Изменить стиль страницы

Как видим, особое значение в этой романтической концепции национального поэта приобретает проблема поэтического долга и свободы: оказывается, что русский певец должен воспевать своего великого государя потому, что этого требует его свободный дух, направляемый самим Богом. Более того, воспевать царя от имени народа, по Жуковскому, есть не долг, а счастливое право поэзии.

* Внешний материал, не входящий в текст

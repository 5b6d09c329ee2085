//! Tables with their rows as an image has them.

ghost use Rattle.std.specs.Prelude.{◌≡◌, ◌++◌, IfOk, OnOk, map};
ghost use Rattle.spec_model.specs.Rows.{filled_stored, live};
ghost use Rattle.format_image.specs.Rows as spec;

use crate::indexes::index_rows;
use base_types::{Items, Memory};
use sql_parts::{KeyedTable, key_places};
use sql_types::{IndexRow, Table, TableDef, TableRows, TypedValue, Version};
use sql_value::ColumnDef;
use std::alloc::Global;

/// A table of an image.
#[derive(Drop)]
pub(crate) struct StoredTable {
    pub def: TableDef,
    pub rows: TableRows,
}

/// The rows of a table, for its image. The versions are moved, and the values of the rows of indexes copied.
#[tactic(auto, unfolding(format_image::specs::Rows::table_rows))]
pub(crate) fn table_rows(alloc: Global, table: Table) -> Result<StoredTable, Memory>
    ensures def { IfOk result (λ stored. stored.def ≡ table.def) }
    ensures rows { IfOk result (λ stored. stored.rows ≡ spec.table_rows table) }
{
    let Table { def, versions } = table;
    let versions = all_filled(alloc, def.columns.as_slice(), versions.into_vec())?;
    let mut base = Vec::new(alloc);
    let mut history = Vec::new(alloc);
    part(versions, &mut base, &mut history)?;
    let indexes = all_indexes(alloc, &def, &base)?;
    let rows = TableRows {
        base: Items::from_vec(base),
        history: Items::from_vec(history),
        indexes,
    };
    Ok(StoredTable { def, rows })
}

/// The versions, each with a value for each column. They are moved.
fn all_filled(
    alloc: Global,
    columns: &[ColumnDef],
    versions: Vec<Version>,
) -> Result<Vec<Version>, Memory>
    ensures { IfOk result (λ all. all.items ≡ map (spec.filled_version columns.now) versions.items) }
{
    let mut all = Vec::with_capacity(alloc, versions.len())?;
    for version in versions {
        all.push(filled(columns, version)?)?;
    }
    Ok(all)
}

/// Adds the versions that stand to the base, and those that have ended to the history.
fn part(
    versions: Vec<Version>,
    base: &mut Vec<Version>,
    history: &mut Vec<Version>,
) -> Result<(), Memory>
    ensures base { OnOk result (base.new.items ≡ base.old.items ++ live versions.items) }
    ensures history { OnOk result (history.new.items ≡ history.old.items ++ spec.ended_ones versions.items) }
{
    for version in versions {
        if version.end.is_none() {
            base.push(version)?;
        } else {
            history.push(version)?;
        }
    }
    Ok(())
}

/// The version with a value for each column; what is missing is NULL. Its values are moved.
fn filled(columns: &[ColumnDef], version: Version) -> Result<Version, Memory>
    ensures { IfOk result (λ filled. filled ≡ spec.filled_version columns.now version) }
{
    let Version { values, start, end } = version;
    let values = with_nulls(columns, values)?;
    Ok(Version { values, start, end })
}

/// The values, and NULL behind them for each column that has none.
#[tactic(auto, using(crate::proofs::Filled::filled_by))]
fn with_nulls(
    columns: &[ColumnDef],
    mut values: Items<Option<TypedValue>>,
) -> Result<Items<Option<TypedValue>>, Memory>
    ensures { IfOk result (λ filled. filled ≡ filled_stored columns.now values) }
{
    for _ in 0..columns.len().saturating_sub(values.len()) {
        values.push(None)?;
    }
    Ok(values)
}

/// The rows of each index of a table.
fn all_indexes(
    alloc: Global,
    def: &TableDef,
    base: &[Version],
) -> Result<Items<Items<IndexRow>>, Memory>
    ensures { IfOk result (λ indexes. indexes ≡ map (spec.index_rows def.now base.now) def.now.indexes) }
{
    let places = key_places(alloc, def.columns.as_slice())?;
    let table = KeyedTable::new(def, &places);
    let mut indexes = Vec::with_capacity(alloc, def.indexes.len())?;
    for index in def.indexes.as_slice() {
        indexes.push(index_rows(alloc, &table, base, index)?)?;
    }
    Ok(Items::from_vec(indexes))
}
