/// A version with the ranks of its start and its end.
#[derive(Clone, Copy, Debug)]
pub struct VersionWithRanks<'a> {
    pub version: &'a Version,
    pub start: Rank,
    pub end: Option<Rank>,
    /// Its key, where that is one whole number of 64 bits: such keys are compared without a look at the version.
    pub key_number: Option<i64>,
}

/// What is known of the earlier versions of a version's key.
#[derive(Clone, Copy, Debug)]
pub struct EarlierVersions<'a> {
    /// The end of the latest of them, if there are some.
    pub latest: Option<Option<Rank>>,
    /// The latest of them.
    pub last: Option<&'a Version>,
    /// Whether one of them has no end.
    pub any_open: bool,
}

/// The versions that have the table's columns: those of the base, and behind them those of the history.
pub(crate) fn ranked_versions<'a>(
    alloc: Global,
    positions: &Positions,
    table: &KeyedTable,
    rows: &'a TableRows,
) -> Result<Vec<VersionWithRanks<'a>>, Memory>
    requires base { All (spec.IsStarted positions.now) rows.now.base }
    requires history { All (spec.IsStarted positions.now) rows.now.history }
    ensures { IfOk result (λ ranked. spec.AreRanked positions.now table.now.columns
        (with_columns table.now.columns (rows.now.base ++ rows.now.history)) ranked.items) }
{
    let mut ranked = Vec::new(alloc);
    add_ranked(positions, table, rows.base.as_slice(), &mut ranked)?;
    add_ranked(positions, table, rows.history.as_slice(), &mut ranked)?;
    Ok(ranked)
}

/// Adds those of these versions that have the columns.
fn add_ranked<'a>(
    positions: &Positions,
    table: &KeyedTable,
    versions: &'a [Version],
    ranked: &mut Vec<VersionWithRanks<'a>>,
) -> Result<(), Memory>
    requires { All (spec.IsStarted positions.now) versions.now }
    ensures versions { OnOk result (map spec.version_of ranked.new.items
        ≡ map spec.version_of ranked.old.items ++ with_columns table.now.columns versions.now) }
    ensures ranks { OnOk result (AllByRecursion (spec.IsRanked positions.now) ranked.old.items
        → AllByRecursion (spec.IsRanked positions.now) ranked.new.items) }
    ensures numbers { OnOk result (AllByRecursion (spec.IsNumbered table.now.columns) ranked.old.items
        → AllByRecursion (spec.IsNumbered table.now.columns) ranked.new.items) }
{
    for version in versions {
        add_one(positions, table, version, ranked)?;
    }
    Ok(())
}

/// Adds the version, if it has the columns.
fn add_one<'a>(
    positions: &Positions,
    table: &KeyedTable,
    version: &'a Version,
    ranked: &mut Vec<VersionWithRanks<'a>>,
) -> Result<(), Memory>
    requires { spec.IsStarted positions.now version.now }
    ensures versions { OnOk result (map spec.version_of ranked.new.items
        ≡ map spec.version_of ranked.old.items ++ with_columns table.now.columns (version.now ∷ [])) }
    ensures ranks { OnOk result (AllByRecursion (spec.IsRanked positions.now) ranked.old.items
        → AllByRecursion (spec.IsRanked positions.now) ranked.new.items) }
    ensures numbers { OnOk result (AllByRecursion (spec.IsNumbered table.now.columns) ranked.old.items
        → AllByRecursion (spec.IsNumbered table.now.columns) ranked.new.items) }
{
    if has_columns(table.columns(), version.values.as_slice()) {
        ranked.push(ranked_one(positions, table, version))?;
    }
    Ok(())
}
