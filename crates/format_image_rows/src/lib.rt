//! The rows of a table and of its indexes, as an image has them.
#![tactic(auto)]

mod indexes;
mod parts;
mod room;
mod stored;
mod tables;

pub use law_image::legal_images_are_encodable;
pub use parts::split;
pub use room::tables_have_room;
pub use stored::copy_stored;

Поэт лишь озвучивает то, что «в тайне души своей» чувствует его народ (равно как и другие освобожденные нации). При этом высшая награда за такую свободную песню долга — сердечное одобрение царственной особы («если сердце матери… будет тронуто голосом поэта») и сердечная же благодарность соотечественников. Путь патриотической поэзии — от сердца к сердцу. В зачине послания певец так обращается к императору:

О русский царь, прости! невольно увлекает
Могущая рука меня к мольбе в тот храм,
Где благодарностью возженный фимиам
Стеклися в дар принесть тебе народы мира —
И, радости полна, сама играет лира.[116]
(Жуковский: I, 375).

Хвала царю, представленная в посвящении к посланию как своего рода сердечная присяга верности, в самом стихотворении недвусмысленно уподобляется молитве, возносимой небесам народами мира.

От воспевания великих подвигов и прекрасной души царя Жуковский переходит к поэтическому изображению его провиденциальной политики и заканчивает мистическими призывами-предчувствиями. Ср. из «Певца в Кремле» (1814–1816):

О! совершись, святой завет!
           В одну семью, народы!
Цари, в один отцев совет!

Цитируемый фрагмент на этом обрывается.